The main loop at the moment is.
- Run the policy to gather some experience and save the experience (images, actions, rewards) in a dataset.
- Run a single iteration of training over the gathered experience to update the policy.
- Throw all the data away and start again.
Up until now, I have just been using cpu training, but now I’d like to push the training to GPU.
When it comes to loading It seems I have a matrix of choices.
- Create tensors on CPU, then push them to GPU via pinned memory.
- Create tensors directly on GPU.
"1. Create tensors on the get_item(index) of the DataSet
2. Create tensors in the collate_batch function of the DataLoader (or write my own DataLoader)
I thought I understood all this, but as it turns out, there are a few gaps in my understanding. I have 3 questions.
Is there any downside to directly creating GPU tensors in the get_item(index) call on the DataSet. Is this a bad idea?
What’s the best practice for creating tensors generally, should they created for each item in the dataset, or should the dataset just return what it returns, and the loader take care of creating tensors?
Where is the right place to decide which device a tensor goes to? The DataSet? The DataLoader, or the training loop itself?
Any insight appreciated!
The downside of creating GPU tensors in
__getitem__ or push CPU tensors onto the device is that your
DataLoader won’t be able to use multiple workers anymore.
If you try to set
num_workers > 0, you’ll get a CUDA error:
RuntimeError: CUDA error: initialization error
This also means that your host and device operations (most likely) won’t be able to overlap anymore, i.e. your CPUs cannot load and process the data while your GPU is busy training the model.

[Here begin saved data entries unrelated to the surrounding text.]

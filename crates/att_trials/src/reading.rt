use att_text::{AttError, read_att};
use fsa::Fsa;
use fsm_base::{Pair, Sym, SymbolTable};
use std::alloc::{AllocError, Global};

/// The most bytes of a text that is read.
const MOST_READ: usize = 1_000_000;

/// The text of a side's symbol, or `0` where there is none.
fn text_of(table: &SymbolTable, side: Option<Sym>) -> &str {
    match side {
        Some(symbol) => table.text_of(symbol).unwrap_or("none"),
        None => "0",
    }
}

/// A network by its states, its edges and its final states.
fn said_of_network(
    alloc: Global,
    net: &Fsa<Pair>,
    table: &SymbolTable,
) -> Result<String, AllocError> {
    let mut said = format!(in alloc; "{} states", net.states())?;
    for edge in net.edges() {
        let (up, low) = match edge.letter {
            Some(pair) => (pair.up, pair.low),
            None => (None, None),
        };
        let up = text_of(table, up);
        let low = text_of(table, low);
        let edge = format!(in alloc; ", {} {up}:{low} {}", edge.from, edge.to)?;
        said.push_str(edge.as_str())?;
    }
    for state in 0..net.states() {
        if net.is_final(state) {
            said.push_str(format!(in alloc; ", final {state}")?.as_str())?;
        }
    }
    Ok(said)
}

/// The first fault of a text, unless there was no memory.
fn said_of_error(alloc: Global, error: AttError) -> Result<String, AllocError> {
    match error {
        AttError::Refused { line, why } => format!(in alloc; "line {line}: {why:?}"),
        AttError::Memory(refused) => Err(refused),
    }
}

/// The network of a text, or its first fault.
pub fn said_of_text(alloc: Global, bytes: &[u8]) -> Result<String, AllocError> {
    let mut table = SymbolTable::new(alloc);
    let text = match std::str::from_utf8(bytes) {
        Ok(text) => text,
        Err(_) => return String::from_str(alloc, "not UTF-8"),
    };
    if text.len() > MOST_READ {
        return String::from_str(alloc, "too long");
    }
    match read_att(alloc, text, &mut table) {
        Ok(net) => said_of_network(alloc, &net, &table),
        Err(error) => said_of_error(alloc, error),
    }
}

/// A text with so many lines, each with a symbol of its own, and with one more whose symbol is that of the first.
fn text_of_symbols(alloc: Global, count: usize, again: bool) -> Result<String, AllocError> {
    let mut text = String::new(alloc);
    for number in 0..count {
        text.push_str(format!(in alloc; "0\t0\ts{number}\n")?.as_str())?;
    }
    if again {
        text.push_str("0\t0\ts0\n")?;
    }
    Ok(text)
}

/// The number of edges of the network of such a text, or its first fault.
pub fn said_of_symbols(alloc: Global, count: &str, again: bool) -> Result<String, AllocError> {
    let mut table = SymbolTable::new(alloc);
    let text = text_of_symbols(alloc, count.parse::<usize>().unwrap_or(0), again)?;
    let text = text.as_str();
    if text.len() > MOST_READ {
        return String::from_str(alloc, "too long");
    }
    match read_att(alloc, text, &mut table) {
        Ok(net) => format!(in alloc; "{} edges, {} symbols", net.edges().len(), table.len()),
        Err(error) => said_of_error(alloc, error),
    }
}
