ghost use Rattle.std.specs.Prelude.{◌≡◌, ◌<◌, ◌≤◌, ◌+◌, ◌⊎◌, ℕ, Some, IfSome, IsTrue, length, slice_get};
ghost use Rattle.fsa_minimal.specs.Images.{GoesOnAs, AreImages};
ghost use Rattle.fsa_minimal.specs.Fewest.{AreReachedBelow};

use fsa::Dfa;
use fsm_base::Letter;

/// Whether the start becomes the start, and each state that becomes one of the second automaton is final and goes
/// on as that one: each letter leads to a state that becomes the one to which it leads there. Looks at each state
/// and letter once.
pub fn are_images<L: Letter>(a: &Dfa<L>, b: &Dfa<L>, images: &[Option<usize>]) -> bool
    requires { b.now.letters ≡ a.now.letters }
    ensures { IsTrue result → AreImages a.now b.now images.now }
{
    if image_of(images, 0) != Some(0) {
        return false;
    }
    for (state, image) in images.iter().enumerate() {
        if !becomes(a, b, images, state, *image) {
            return false;
        }
    }
    true
}

/// Whether a state becomes none, or is there and goes on as the one that it becomes.
fn becomes<L: Letter>(
    a: &Dfa<L>,
    b: &Dfa<L>,
    images: &[Option<usize>],
    state: usize,
    image: Option<usize>,
) -> bool
    requires { b.now.letters ≡ a.now.letters }
    ensures { IsTrue result → (i : ℕ) → image ≡ Some i → (state < length a.now.finals) × GoesOnAs a.now b.now images.now state i }
{
    let Some(image) = image else { return true };
    let are_there = state < a.states() && image < b.states();
    are_there && goes_on_as(a, b, images, state, image)
}

/// Whether a state is final and goes on as a state of the second automaton does.
fn goes_on_as<L: Letter>(
    a: &Dfa<L>,
    b: &Dfa<L>,
    images: &[Option<usize>],
    state: usize,
    image: usize,
) -> bool
    requires letters { b.now.letters ≡ a.now.letters }
    requires state { state < length a.now.finals }
    requires image { image < length b.now.finals }
    ensures { IsTrue result → GoesOnAs a.now b.now images.now state image }
{
    if a.is_final(state) != b.is_final(image) {
        return false;
    }
    for place in 0..a.letters().len() {
        let Some(to) = image_of(images, a.next(state, place)) else {
            return false;
        };
        if to != b.next(image, place) {
            return false;
        }
    }
    true
}

/// What a state becomes, or None where it becomes none.
fn image_of(images: &[Option<usize>], state: usize) -> Option<usize>
    ensures { IfSome result (λ image. slice_get images.now state ≡ Some (Some image)) }
{
    *images.get(state)?
}

/// Whether the start reaches each state, where each state but the start is first entered from one before it, and the
/// states are numbered in the order in which that happens. Looks at each state and letter once.
pub fn are_reached<L: Letter>(a: &Dfa<L>) -> bool
    ensures { IsTrue result → AreReachedBelow a.now (length a.now.finals) }
{
    let mut reached = 1;
    for state in 0..a.states() {
        if state >= reached {
            return false;
        }
        reached = reached_from(a, state, reached);
    }
    reached >= a.states()
}

/// Below which number the start reaches each state, once the letters are read in this state, which it reaches.
fn reached_from<L: Letter>(a: &Dfa<L>, state: usize, reached: usize) -> usize
    requires state { state < reached }
    requires there { reached ≤ length a.now.finals }
    requires before { AreReachedBelow a.now reached }
    ensures there { result ≤ length a.now.finals }
    ensures after { AreReachedBelow a.now result }
{
    let mut below = reached;
    for place in 0..a.letters().len() {
        below = more_reached(a, a.next(state, place), below);
    }
    below
}

/// One more where the state is the first one that wasn't reached before.
fn more_reached<L: Letter>(a: &Dfa<L>, to: usize, below: usize) -> usize
    requires { to < length a.now.finals }
    ensures { (result ≡ below) ⊎ ((result ≡ below + 1) × (to ≡ below)) }
{
    if to == below && below < a.states() {
        return below + 1;
    }
    below
}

If you are “creating” the tensors, i.e. sampling them, this could still be a valid approach.
However, if you are loading and processing some data (e.g. images), I would write the
Dataset such that a single example is loaded, processed and returned as a CPUTensor.
If you use
pin_memory=True in you
DataLoader, the transfer from host to device will be faster as described in this blogpost.
Inside the training loop you would push the tensors onto the GPU. If you set
non_blocking=True as an argument in
tensor.to(), PyTorch will try to perform the transfer asynchronously as decribed here.
DataLoader might use a
sampler or a custom
collate_fn, but shouldn’t be responsible of creating the tensors.
That’s incredibly helpful (as usual). Thanks Peter!
@ptrblck I had a question related to this. Actually I am loading image filenames in my dataset, and loading the images in
__get_item__. I also use manually written data augmentation functions in
__get_item__, so wouldn’t it be better to have these run on the GPU? Currently training is pretty slow.
Now I think I have 2 options - either I write the data augmentation functions for batched tensors outside the DataLoader, or I can create GPU tensors in
What would you recommend?
What kind of data augmentation methods are you currently using?
If you are using
PIL, you might want to install
PIL-SIMD, which is a drop-in replacement and will use SIMD operations to speed up the transformations.
Are you using multiple workers in your
DataLoader? This should usually speeding up the data loading and processing.
If you are bottlenecked by the CPU and have enough GPU resources, you might also try to use NVIDIA/DALI. @JanuszL might give you some more information about it. Have a look at his post here for some additional information.